Freeing Our Fingers: Handing Over VR’s Toughest Challenge to GPUs

by Tony Kontzer

In the real world, our hands are our guides. We feel with them, we manipulate with them, we explore with them. We use them to eat, dress and primp ourselves, make a living, and connect with others.

And yet, in the virtual world, we’re lucky if we can use them at all.

A team of researchers at Purdue University hopes to change that with DeepHand, a deep learning-powered system for interpreting hand movements in virtual environments.

By combining depth-sensing cameras and a convolutional neural network trained on GPUs to interpret 2.5 million hand poses and configurations, the team has taken us a large step closer to being able to use our dexterity while interacting with 3D virtual objects.

Natural Interface

DeepHand fulfills the long-time vision of its lead researcher, Karthik Ramani, the Donald W. Feddersen Professor of Mechanical Engineering, at Purdue.

“I’ve always wanted to design and develop our hands as a key part of a user interface element, because we do so much in the real world with our hands so naturally,” Ramani said. “The use of hand gestures offers smart and intuitive communication with 3D objects.”

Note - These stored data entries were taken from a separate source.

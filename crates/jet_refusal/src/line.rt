//! A line of text in a fixed buffer.

ghost use Rattle.std.specs.Prelude.{◌≡◌, ◌+◌, ◌≤◌, [], ◌++◌, length};
ghost use Rattle.hex.specs.Hex.{encode_lower};

use arrayvec::ArrayVec;
use itoa::{Buffer, Integer};
use std::marker::Model;

/// A line for standard error, of at most 256 bytes, its line feed among them.
#[derive(Drop)]
pub struct Line {
    bytes: ArrayVec<u8, 256>,
}

impl Model for Line {
    ghost use Rattle.std.specs.Prelude.{List, ℕ};

    ghost Value = { List ℕ };

    ghost view = { λ l. l.bytes.items };
}

impl Line {
    /// A line that is still empty.
    pub(crate) fn new() -> Line
        ensures { result ≡ [] }
    {
        Line {
            bytes: ArrayVec::new(),
        }
    }

    /// The bytes of the line.
    pub fn as_bytes(&self) -> &[u8]
        ensures { result.now ≡ self.now }
    {
        self.bytes.as_slice()
    }

    /// Appends bytes, for which there must be room.
    pub(crate) fn push(&mut self, bytes: &[u8])
        requires { length self.old + length bytes.now ≤ 256 }
        ensures { self.new ≡ self.old ++ bytes.now }
    {
        let _ = self.bytes.try_extend_from_slice(bytes);
    }

    /// Appends a text, for which there must be room.
    pub(crate) fn push_str(&mut self, text: &str)
        requires { length self.old + length text.now ≤ 256 }
        ensures { self.new ≡ self.old ++ text.now }
    {
        self.push(text.as_bytes());
    }

    /// Appends a number in decimal. There must be room for 40 bytes.
    pub(crate) fn push_number<I: Integer>(&mut self, number: I)
        requires { length self.old + 40 ≤ 256 }
        ensures text { self.new ≡ self.old ++ I.text number }
        ensures short { length self.new ≤ length self.old + 40 }
    {
        let mut buffer = Buffer::new();
        self.push(buffer.format(number).as_bytes());
    }

    /// Appends a digest as 64 hexadecimal digits in lower case, for which there must be room.
    pub(crate) fn push_digest(&mut self, digest: &[u8; 32])
        requires { length self.old + 64 ≤ 256 }
        ensures text { self.new ≡ self.old ++ encode_lower digest.now }
        ensures short { length self.new ≡ length self.old + 64 }
    {
        let mut digits = [0; 64];
        let _ = hex::encode_to_slice(digest.as_slice(), &mut digits);
        self.push(&digits);
    }
}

Ramani said that the emergence of more affordable depth-sensing cameras has broadened the possibilities for hand-movement recognition, and has raised expectations for more natural use of hands in human-computer interfaces.

GPUs are helping the cause by speeding up the training of convolutional neural networks such as the one created for DeepHand. Ramani and his two graduate student researchers, Ayan Sinha and Chiho Choi, used NVIDIA GPUs to train their network, and Ramani said they were able to complete the process 2-3 times faster than if they’d used CPUs.

Working Out the Kinks

Despite the team’s clear progress, numerous challenges remain. Parts of the fingers and hands often block the view of the camera, making interpretation of hand motions sometimes impossible. The hand’s numerous joints and sheer volume of potential motions are almost limitless. What’s more, parts of the hand look so similar to one another that the system can sometimes struggle to identify what part it’s looking at.

“Figuring out the exact hand location and angles of all the joints through vision is not as easy as fitting a line through a bunch of points,” Ramani said. “It is a much harder problem.”

Fortunately for Ramani, the project has support in the form of National Science Foundation funding routed through his affiliated startup company, ZeroUI, which is focused on the development of the hands as a user interface. (The company has gained some attention for its Ziro modular construction kit for building hand-controlled robotic toys.)

Big Plans

Ramani’s team plans to eventually commercialize DeepHand through ZeroUI. But he says they have more work to do in reducing the “noise” that interferes with hand motion interpretations before it starts developing augmented and virtual reality applications.

“The hand model has to be made robust and utilitarian for real-world AR and VR use,” he said. He and his team plan to keep pushing toward just that.

The team presented its research paper at the 2016 IEEE Conference on Computer Vision and Pattern Recognition held in Las Vegas earlier this summer.